Today's global organizations need to implement a data warehousing solution to centrally store and make sense of customer, sales and analytics data housed in various disparate systems. With the wide spread adoption of computing within the enterprise, the rate at which information is being created has grown exponentially.
Bill Inmon defines a data warehouse as "A subject-oriented, integrated, time-variant and non-volatile collection of data in support of management's decision making process."
You can use a data warehouse to analyze a particular subject area. For example, sales can be a particular subject. It integrates data from multiple data sources and thus standardizes the structure and attributes this information to be analyzed in a common format. Business intelligence (BI) is the art of analyzing information in a data warehouse to identify trends and make intelligent decisions.
Data warehouses are typically used to store historical data. In most transactional systems it makes sense to keep only the current or the most relevant data due to database performance reasons. You should never alter the historical data to maintain its integrity.
Data warehouse is an important asset for organizations to maintain efficiency, profitability and gain competitive advantage. Organizations collect data through many touch points - Online, Call Center, Sales Leads, Inventory Management. The data collected has different degrees of value and business relevance. As data is created, it has to be managed through a well-defined Data Life Cycle Process.
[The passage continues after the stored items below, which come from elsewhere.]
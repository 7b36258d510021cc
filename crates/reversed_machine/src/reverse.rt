// The reversed machine (reverse.rs of rustfst), in the slots of its nodes and links: node i becomes
// i + 1, and node 0 leads to the final ones. The links out of a node are a chain.
ghost use Rattle.std.specs.Prelude.{◌≡◌, ◌+◌, ◌*◌, ◌≤◌, ◌<◌, length};
ghost use Rattle.sheet.specs.Records.{count_at};
ghost use Rattle.slots.specs.Slots.{slot_length};
ghost use Rattle.reversed_machine.specs.Laid.{MeasuredIn};
ghost use Rattle.reversed_machine.specs.ReverseWords.{heads_cleared, chained, links_put, links_reversed, finals_reversed, least_distance, reversed_words};

use machine::climbing::Machine;
use machine::counted::Counted;
use search_slots::{CHAIN, HEAD, VISITS, WEIGHT};
use sheet::source::Source;
use slots::{NOTHING, SLOT};

// A machine with its count of final nodes, and at which words of a part the slots of the reversed
// machine's nodes and of its links begin. The part goes beside it, with room for it: a value over both
// would have two lifetimes, of which the check covers no call by a mutable borrow.
#[derive(Clone, Copy)]
struct Layout<'a> {
    counted: Counted<'a>,
    heads: usize,
    chains: usize,
    ghost apart: { heads + slot_length * (counted.machine.sheet.nodes + 1) ≤ chains },
}

impl<'a> Layout<'a> {
    ghost use Rattle.reversed_machine.specs.Roomy.{Roomy};

    // Puts link k, to a node at a weight, in front of the chain whose head is at a word.
    fn put_in_front(&self, part: &mut [u32], head: usize, k: u32, next: u32, weight: u32)
        requires { (head < length part.old) × (self.now.chains + slot_length * k + slot_length ≤ length part.old) }
        ensures { part.new ≡ chained head (self.now.chains + slot_length * k) k next weight part.old }
    {
        let at = self.chains + SLOT * (k as usize);
        let first = part[head];
        part[at] = next;
        part[at + WEIGHT] = weight;
        part[at + CHAIN] = first;
        part[head] = k;
    }

    // The chains of all nodes are empty, and none of these has been taken.
    fn clear_heads(&self, part: &mut [u32])
        requires { Roomy self.now part.old }
        ensures { part.new ≡ heads_cleared self.now.heads (self.now.counted.machine.sheet.nodes + 1) part.old }
    {
        for q in 0..self.counted.machine.sheet.nodes + 1 {
            let at = self.heads + SLOT * (q as usize);
            part[at + HEAD] = NOTHING;
            part[at + VISITS] = 0;
        }
    }

    // The links of a node, the last first: each goes in front of the chain of the node that it leads
    // to, and leads back to the source.
    fn reverse_node(&self, source: Source, part: &mut [u32])
        requires own { source.sheet ≡ self.now.counted.machine.sheet }
        requires room { Roomy self.now part.old }
        ensures { part.new ≡ links_put source.entry.sheet.bytes.now self.now.heads self.now.chains source.entry.node source.entry.first (count_at source.entry.sheet.bytes.now source.entry.sheet.links source.entry.node) part.old }
    {
        for i in (0..source.count()).rev() {
            let l = source.first + i;
            let head = self.heads + SLOT * ((source.sheet.next(l) as usize) + 1) + HEAD;
            self.put_in_front(part, head, l, source.node + 1, source.sheet.link_bits(l));
        }
    }

    // The links of all nodes, from the last to the first, so that a chain has them by source, then
    // position. `Sources` goes from the front alone, so that the first links are counted down here.
    fn reverse_links(&self, part: &mut [u32])
        requires { Roomy self.now part.old }
        ensures { part.new ≡ links_reversed self.now.counted.machine.sheet.bytes.now self.now.heads self.now.chains self.now.counted.machine.sheet.links self.now.counted.machine.sheet.nodes part.old }
    {
        let sheet = self.counted.machine.sheet;
        let mut first = sheet.links;
        for node in (0..sheet.nodes).rev() {
            first -= sheet.count(node);
            self.reverse_node(Source { sheet, node, first }, part);
        }
    }

    // The final nodes, from the last to the first: the chain of node 0 leads to each with its final
    // weight, over the slots after those of the input's links.
    fn reverse_finals(&self, part: &mut [u32])
        requires { Roomy self.now part.old }
        ensures { part.new ≡ finals_reversed self.now.counted.machine.sheet.bytes.now self.now.heads self.now.chains self.now.counted.machine.sheet.links self.now.counted.machine.sheet.nodes part.old }
    {
        let sheet = self.counted.machine.sheet;
        let mut k = sheet.links + self.counted.finals;
        for v in (0..sheet.nodes).rev() {
            if let Some(bits) = sheet.final_bits(v) {
                k -= 1;
                self.put_in_front(part, self.heads + HEAD, k, v + 1, bits);
            }
        }
    }

    // The least total, by the distances in the slots. It is unreached where no final node is reached
    // whose weight is finite.
    fn least_total(&self, part: &[u32]) -> Option<f32>
        requires { Roomy self.now part.now }
        ensures { result ≡ least_distance self.now.counted.machine.sheet.bytes.now self.now.heads self.now.counted.machine.sheet.links self.now.counted.machine.sheet.nodes part.now }
    {
        let sheet = self.counted.machine.sheet;
        let mut least = tropical_weight::zero();
        for v in 0..sheet.nodes {
            if let Some(bits) = sheet.final_bits(v) {
                let d = distance::distance_at(part, self.heads + SLOT * ((v as usize) + 1));
                least = tropical_weight::plus(least, distance::total(d, bits));
            }
        }
        distance::of_weight(least)
    }
}

// Makes the distances of a machine in the slots of its nodes, which follow that of node 0. Parents come
// with them, in the words of heads and visits, which a list sets anew.
pub fn measure(machine: &Machine, part: &mut [u32], heads: usize)
    requires { heads + slot_length * (machine.now.sheet.nodes + 1) ≤ length part.old }
    ensures { MeasuredIn machine.now.sheet.bytes.now heads part.old part.new }
{
    let from = heads + SLOT;
    shortest_distance::make(machine, &mut part[from..]);
}

// Reverses a machine, whose nodes' slots hold their distances: heads and chains of its links and its
// final nodes, no node taken, and the least total at node 0.
pub fn reverse(counted: &Counted, part: &mut [u32], heads: usize, chains: usize)
    requires { (heads + slot_length * (counted.now.machine.sheet.nodes + 1) ≤ chains) × (chains + slot_length * (counted.now.machine.sheet.links + counted.now.finals) ≤ length part.old) }
    ensures { part.new ≡ reversed_words counted.now.machine.sheet.bytes.now heads chains counted.now.machine.sheet.nodes counted.now.machine.sheet.links part.old }
{
    let layout = Layout {
        counted: *counted,
        heads,
        chains,
    };
    layout.clear_heads(part);
    layout.reverse_links(part);
    layout.reverse_finals(part);
    distance::put_distance(part, heads, layout.least_total(part));
}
OLTP databases are where operational data is stored. OLTP databases can reside in transactional applications such as Enterprise Resource Management (ERP), Customer Relationship Management (CRM), Supply Chain and Point of Sale systems. These OLTP databases are designed for transaction speed and accuracy.
Metadata helps maintain the sanctity and accuracy of data entering into the data lifecycle process. It helps ensure that data is in the right format and relevant. The data cleansing process will go a lot quicker if you do a good job with the metadata to begin with.
Before data enters the data warehouse, the Extraction, Transformation and Loading (ETL) process ensures that the data passes the data quality threshold. ETLs are also responsible for running scheduled tasks that extract data from OLTPs.
The data warehouse repository is the database that stores active data of business value for an organization. The data warehouse modeling design is optimized for data analysis. There are variants of data warehouses - data marts and ODS. Data marts are not physically any different from data warehouses. Think of a data mart as a smaller data warehouse that focuses on a particular department instead of the entire company.
Data warehouses act as a repository for historical data and not always efficient for providing up-to-date analysis. This is where Operational Data Stores (ODS) come in. ODS are used to hold recent data before migration to the Data Warehouse and thus you can tap into them to analyze information that is not in the OLTP but happened recently.
The last and most critical pieces are the front-end applications that business users use to interact with data stored in the repositories. Data Mining is the discovery of useful patterns in data to help with prediction analysis and classification. It helps answer questions such as "What is the likelihood that a customer will migrate to a competitor?"
Online Analytical Processing (OLAP) is used to analyze historical data and slice the business information. Reporting tools are used to keep track of key performance indicators (KPI).
Data Visualization tools are used to display data from the data repository. Often data visualization is combined with Data Mining and OLAP tools. Data Visualization can allow you to manipulate data to show relevancy and patterns.
A data warehouse implementation enables your team to have easy access to information required to identify trends and gain a better understanding about the environment that your business operates in.
Data warehouses also increase the consistency of the data and allow it to be checked over and over to determine how relevant it is. Because most data warehouses are integrated, you can pull data from many different areas of your business, for instance human resources, finance, IT and accounting.